Fatal clinical outcome in a patient with sarcoidosis-lymphoma syndrome.
Ključne riječi
Sažetak
A 62-year-old female suspected of malignant disease underwent a splenectomy that revealed noncaseating granulomas in the histological specimen. Chest X-ray (CXR) and lung CT scans suggested sarcoidosis stage II. TBLB showed noncaseating granulomas. A diagnosis of sarcoidosis was made. Initially no treatment was needed as partial remission on CXR and normal lung function were observed. During the follow up she underwent open lung biopsy and axillary lymph node biopsy because of radiological progression with presence of CXR opacities imitating metastases and recurrent lymphadenopathy. No malignant cells were found. Spontaneous partial resolution of disseminated changes on the CXR was observed.
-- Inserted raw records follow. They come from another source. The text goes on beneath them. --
impl<'a> Declared<'a> {
    #[tactic(auto, unfolding(crate::specs::Checks::first_fault, crate::specs::Places::message_name_place))]
    fn check_message_name(&self, name: &Name) -> Result<(), CheckFault>
        ensures absent { OnOk result (is_among (message_names (before_of self.now)) name.now.text.now ≡ false) }
        ensures sound { OnOk result (first_fault (message_name_place (before_of self.now) (name_of name.now) ∷ []) ≡ None) }
        ensures fault { IfErr result (λ e. Tells e (first_fault (message_name_place (before_of self.now) (name_of name.now) ∷ []))) }
        ensures memory { IfErr result (λ e. ComesAfter e (message_name_place (before_of self.now) (name_of name.now) ∷ [])) }
    {
        if self.has_message(name.text) {
            return Err(refuse(Rule::MessageNameTaken, name.at));
        }
        if self.count_messages() >= MAX_MESSAGES {
            return Err(refuse(Rule::TooMany, name.at));
        }
        Ok(())
    }

    #[tactic(auto, unfolding(crate::specs::Checks::first_fault, crate::specs::Places::rpc_name_place))]
    fn check_rpc_name(&self, name: &Name, call: &[u8], response: &[u8]) -> Result<(), CheckFault>
        requires call { call.now ≡ call_name (name_of name.now) }
        requires response { response.now ≡ response_name (name_of name.now) }
        ensures no_call { OnOk result (is_among (message_names (before_of self.now)) call.now ≡ false) }
        ensures no_response { OnOk result (is_among (message_names (before_of self.now)) response.now ≡ false) }
        ensures short { OnOk result (length name.now.text.now ≤ 55) }
        ensures sound { OnOk result (first_fault (rpc_name_place (before_of self.now) (name_of name.now) ∷ []) ≡ None) }
        ensures fault { IfErr result (λ e. Tells e (first_fault (rpc_name_place (before_of self.now) (name_of name.now) ∷ []))) }
    {
        if self.has_message(call) || self.has_message(response) {
            return Err(refuse(Rule::MessageNameTaken, name.at));
        }
        if self.count_messages() >= MAX_MESSAGES - 1 || name.text.len() > MAX_RPC_NAME {
            return Err(refuse(Rule::TooMany, name.at));
        }
        Ok(())
    }

    #[tactic(auto, using(crate::proofs::FirstFaults::places))]
    fn declare_alias(&mut self, new: &Name<'a>, old: &Name) -> Result<(), CheckFault>
        ensures sound { OnOk result (first_fault (declaration_places (before_of self.old) (alias_of (name_of new.now) (name_of old.now))) ≡ None) }
        ensures after { OnOk result (before_of self.new ≡ after (before_of self.old) (alias_of (name_of new.now) (name_of old.now))) }
        ensures fault { IfErr result (λ e. Tells e (first_fault (declaration_places (before_of self.old) (alias_of (name_of new.now) (name_of old.now))))) }
        ensures memory { IfErr result (λ e. ComesAfter e (first_look (before_of self.old) (alias_of (name_of new.now) (name_of old.now)))) }
    {
        self.check_new_type(new, false)?;
        let measured = self.check_fixed_type(old)?;
        self.add_type(new, measured)
    }

    #[tactic(auto, using(crate::proofs::FirstFaults::places))]
    fn declare_typedef(
        &mut self,
        alloc: Global,
        old: &Name,
        new: &Name<'a>,
        count: Option<Number>,
    ) -> Result<(), CheckFault>
        ensures sound { OnOk result (first_fault (declaration_places (before_of self.old)
            (typedef_of (name_of old.now) (name_of new.now) (option_map number_of count))) ≡ None) }
        ensures after { OnOk result (before_of self.new ≡ after (before_of self.old)
            (typedef_of (name_of old.now) (name_of new.now) (option_map number_of count))) }
        ensures fault { IfErr result (λ e. Tells e (first_fault
            (declaration_places (before_of self.old) (typedef_of (name_of old.now) (name_of new.now) (option_map number_of count))))) }
        ensures memory { IfErr result (λ e. ComesAfter e (first_look (before_of self.old)
            (typedef_of (name_of old.now) (name_of new.now) (option_map number_of count)))) }
    {
        let element = self.check_fixed_type(old)?;
        self.check_new_type(new, false)?;
        let measured = apply_count(alloc, element, count)?;
        self.add_type(new, measured)
    }

    #[tactic(auto, using(crate::proofs::FirstFaults::places))]
    fn declare_enumeration(
        &mut self,
        alloc: Global,
        names: &[Name],
        name: &Name<'a>,
    ) -> Result<(), CheckFault>
        ensures sound { OnOk result (first_fault (declaration_places (before_of self.old) (enum_of (map name_of names.now) (name_of name.now))) ≡ None) }
        ensures after { OnOk result (before_of self.new ≡ after (before_of self.old) (enum_of (map name_of names.now) (name_of name.now))) }
        ensures fault { IfErr result (λ e. Tells e (first_fault
            (declaration_places (before_of self.old) (enum_of (map name_of names.now) (name_of name.now))))) }
        ensures memory { IfErr result (λ e. ComesAfter e (first_look (before_of self.old) (enum_of (map name_of names.now) (name_of name.now)))) }
    {
        check_members(alloc, names)?;
        self.check_new_type(name, names.is_empty())?;
        let Ok(count) = u32::try_from(names.len()) else {
            return Err(CheckFault::Memory);
        };
        self.add_type(name, Measured::of_enum(count))
    }

    #[tactic(auto, using(crate::proofs::FirstFaults::places))]
    fn declare_struct(
        &mut self,
        alloc: Global,
        fields: &[Field<'a>],
        name: &Name<'a>,
    ) -> Result<(), CheckFault>
        ensures sound { OnOk result (first_fault (declaration_places (before_of self.old) (struct_of (map field_of fields.now) (name_of name.now))) ≡ None) }
        ensures after { OnOk result (before_of self.new ≡ after (before_of self.old) (struct_of (map field_of fields.now) (name_of name.now))) }
        ensures fault { IfErr result (λ e. Tells e (first_fault
            (declaration_places (before_of self.old) (struct_of (map field_of fields.now) (name_of name.now))))) }
        ensures memory { IfErr result (λ e. ComesAfter e (first_look (before_of self.old) (struct_of (map field_of fields.now) (name_of name.now)))) }
    {
        let laid = self.check_structure(alloc, fields)?;
        self.check_new_type(name, fields.is_empty())?;
        let measured = laid.into_struct(alloc)?;
        self.add_type(name, measured)
    }

    /// The types of a message's arguments, whose payload isn't too long.
    #[tactic(auto, using(crate::proofs::FirstFaults::places))]
    fn check_payload(
        &self,
        alloc: Global,
        name: &Name,
        args: &[Argument<'a>],
    ) -> Result<Vec<ArgType>, CheckFault>
        ensures sound { OnOk result (first_fault (argument_places (before_of self.now) [] 0 (map argument_of args.now)
            ++ whole_message_place (name_of name.now) (some_too_long
            (message_from (before_of self.now) name.now.text.now (map argument_of args.now) ∷ [])) ∷ []) ≡ None) }
        ensures stands { IfOk result (λ ts. map arg_type_of ts.items ≡ map (argument_type (before_of self.now)) (map argument_of args.now)) }
        ensures fault { IfErr result (λ e. Tells e (first_fault (argument_places (before_of self.now) [] 0 (map argument_of args.now)
            ++ whole_message_place (name_of name.now) (some_too_long
            (message_from (before_of self.now) name.now.text.now (map argument_of args.now) ∷ [])) ∷ []))) }
    {
        let payload = self.check_arguments(alloc, args)?;
        check_whole_message(name, payload.is_too_long())?;
        Ok(payload.args)
    }

    #[tactic(auto, using(crate::proofs::FirstFaults::places))]
    fn declare_message(
        &mut self,
        alloc: Global,
        kind: MessageKind,
        name: &Name,
        args: &[Argument<'a>],
    ) -> Result<(), CheckFault>
        ensures sound { OnOk result (first_fault (declaration_places (before_of self.old)
            (message_of kind (name_of name.now) (map argument_of args.now))) ≡ None) }
        ensures after { OnOk result (before_of self.new ≡ after (before_of self.old) (message_of kind (name_of name.now) (map argument_of args.now))) }
        ensures fault { IfErr result (λ e. Tells e (first_fault
            (declaration_places (before_of self.old) (message_of kind (name_of name.now) (map argument_of args.now))))) }
        ensures memory { IfErr result (λ e. ComesAfter e (first_look (before_of self.old)
            (message_of kind (name_of name.now) (map argument_of args.now)))) }
    {
        self.check_message_name(name)?;
        let types = self.check_payload(alloc, name, args)?;
        self.push_message(name.text.to_vec(alloc)?, types)
    }

    /// The names of an rpc's call and response, which no message has.
    #[tactic(auto, using(crate::proofs::FirstFaults::places))]
    fn name_rpc(&self, alloc: Global, name: &Name) -> Result<(Vec<u8>, Vec<u8>), CheckFault>
        ensures call { IfOk result (λ n. n.0.items ≡ call_name (name_of name.now)) }
        ensures response { IfOk result (λ n. n.1.items ≡ response_name (name_of name.now)) }
        ensures words { IfOk result (λ n. (is_name n.0.items ≡ true) × (is_name n.1.items ≡ true)) }
        ensures no_call { IfOk result (λ n. is_among (message_names (before_of self.now)) n.0.items ≡ false) }
        ensures no_response { IfOk result (λ n. is_among (message_names (before_of self.now)) n.1.items ≡ false) }
        ensures sound { OnOk result (first_fault (rpc_name_place (before_of self.now) (name_of name.now) ∷ []) ≡ None) }
        ensures fault { IfErr result (λ e. Tells e (first_fault (rpc_name_place (before_of self.now) (name_of name.now) ∷ []))) }
    {
        let call = join(alloc, name.text, b"_call".as_slice())?;
        let response = join(alloc, name.text, b"_response".as_slice())?;
        self.check_rpc_name(name, &call, &response)?;
        Ok((call, response))
    }

    /// The types of an rpc's arguments, those of its call and of its response, whose payloads aren't too long.
    #[tactic(auto, using(crate::proofs::FirstFaults::places))]
    fn check_payloads(
        &self,
        alloc: Global,
        name: &Name,
        args: &[DirectedArgument<'a>],
    ) -> Result<(Vec<ArgType>, Vec<ArgType>), CheckFault>
        ensures sound { OnOk result (first_fault (argument_places (before_of self.now) [] 0 (arguments_of (map directed_of args.now))
            ++ whole_message_place (name_of name.now) (some_too_long
            (messages_of (before_of self.now) (rpc_of (name_of name.now) (map directed_of args.now)))) ∷ []) ≡ None) }
        ensures ins { IfOk result (λ h. map arg_type_of h.0.items ≡ map (argument_type (before_of self.now)) (ins (map directed_of args.now))) }
        ensures outs { IfOk result (λ h. map arg_type_of h.1.items ≡ map (argument_type (before_of self.now)) (outs (map directed_of args.now))) }
        ensures fault { IfErr result (λ e. Tells e (first_fault (argument_places (before_of self.now) [] 0 (arguments_of (map directed_of args.now))
            ++ whole_message_place (name_of name.now) (some_too_long
            (messages_of (before_of self.now) (rpc_of (name_of name.now) (map directed_of args.now)))) ∷ []))) }
    {
        let halves = self.check_directed(alloc, args)?;
        check_whole_message(name, halves.is_too_long())?;
        Ok((halves.ins.args, halves.outs.args))
    }

    /// Adds the two messages of an rpc.
    fn push_rpc(
        &mut self,
        call: Vec<u8>,
        ins: Vec<ArgType>,
        response: Vec<u8>,
        outs: Vec<ArgType>,
    ) -> Result<(), CheckFault>
        requires no_call { is_among (message_names (before_of self.old)) call.items ≡ false }
        requires no_response { is_among (message_names (before_of self.old)) response.items ≡ false }
        requires two { bytes_eq call.items response.items ≡ false }
        requires call { is_name call.items ≡ true }
        requires response { is_name response.items ≡ true }
        ensures types { OnOk result ((before_of self.new).types ≡ (before_of self.old).types) }
        ensures messages { OnOk result ((before_of self.new).messages ≡ (before_of self.old).messages
            ++ record { name = call.items; args = map arg_type_of ins.items }
            ∷ (record { name = response.items; args = map arg_type_of outs.items } ∷ [])) }
        ensures memory { IfErr result (λ e. e ≡ Memory) }
    {
        self.push_message(call, ins)?;
        self.push_message(response, outs)
    }

    #[tactic(auto, using(crate::proofs::FirstFaults::places))]
    fn declare_rpc(
        &mut self,
        alloc: Global,
        name: &Name,
        args: &[DirectedArgument<'a>],
    ) -> Result<(), CheckFault>
        ensures sound { OnOk result (first_fault (declaration_places (before_of self.old) (rpc_of (name_of name.now) (map directed_of args.now))) ≡ None) }
        ensures after { OnOk result (before_of self.new ≡ after (before_of self.old) (rpc_of (name_of name.now) (map directed_of args.now))) }
        ensures fault { IfErr result (λ e. Tells e (first_fault
            (declaration_places (before_of self.old) (rpc_of (name_of name.now) (map directed_of args.now))))) }
        ensures memory { IfErr result (λ e. ComesAfter e (first_look (before_of self.old) (rpc_of (name_of name.now) (map directed_of args.now)))) }
    {
        let (call, response) = self.name_rpc(alloc, name)?;
        let (ins, outs) = self.check_payloads(alloc, name, args)?;
        self.push_rpc(call, ins, response, outs)
    }

    /// One more declaration.
    pub fn declare(
        &mut self,
        alloc: Global,
        declaration: &Declaration<'a>,
    ) -> Result<(), CheckFault>
        ensures sound { OnOk result (first_fault (declaration_places (before_of self.old) (declaration_of declaration.now)) ≡ None) }
        ensures after { OnOk result (before_of self.new ≡ after (before_of self.old) (declaration_of declaration.now)) }
        ensures fault { IfErr result (λ e. Tells e (first_fault (declaration_places (before_of self.old) (declaration_of declaration.now)))) }
        ensures memory { IfErr result (λ e. ComesAfter e (first_look (before_of self.old) (declaration_of declaration.now))) }
    {
        match declaration {
            Declaration::Alias { new, old } => self.declare_alias(new, old),
            Declaration::Typedef { old, new, count } => self.declare_typedef(
                alloc, old, new, *count,
            ),
            Declaration::Enumeration { members, name } => self.declare_enumeration(
                alloc, members, name,
            ),
            Declaration::Structure { fields, name } => self.declare_struct(alloc, fields, name),
            Declaration::Message { kind, name, args } => self.declare_message(
                alloc, *kind, name, args,
            ),
            Declaration::Rpc { name, args } => self.declare_rpc(alloc, name, args),
        }
    }
}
Because of progressive deterioration in lung function and the clinical course of the disease strongly suggesting the progression of systemic sarcoidosis, the patient was given steroid treatment, which initially resulted in partial remission of pulmonary disseminated changes, peripheral lymphadenopathy and improvement in lung function test. Eight months later severe deterioration in general condition, anaemia, leukocytosis, hypoxemia, massive hepatomegaly and recurrence of general lymphadenopathy along with progression of disseminated changes were found. She died before the final diagnosis was established. Post-mortem examination showed a nodal marginal zone B-cell lymphoma with monocytoid B-cells, according to WHO classification. The malignant cells were found in the jugular, mediastinal, paratracheal, paragastric, paraintestinal and retroperitoneal lymph nodes and they infiltrated the lungs, pleura, liver, thyroid gland and pancreas. No sarcoid granulomas were found in the autopsy.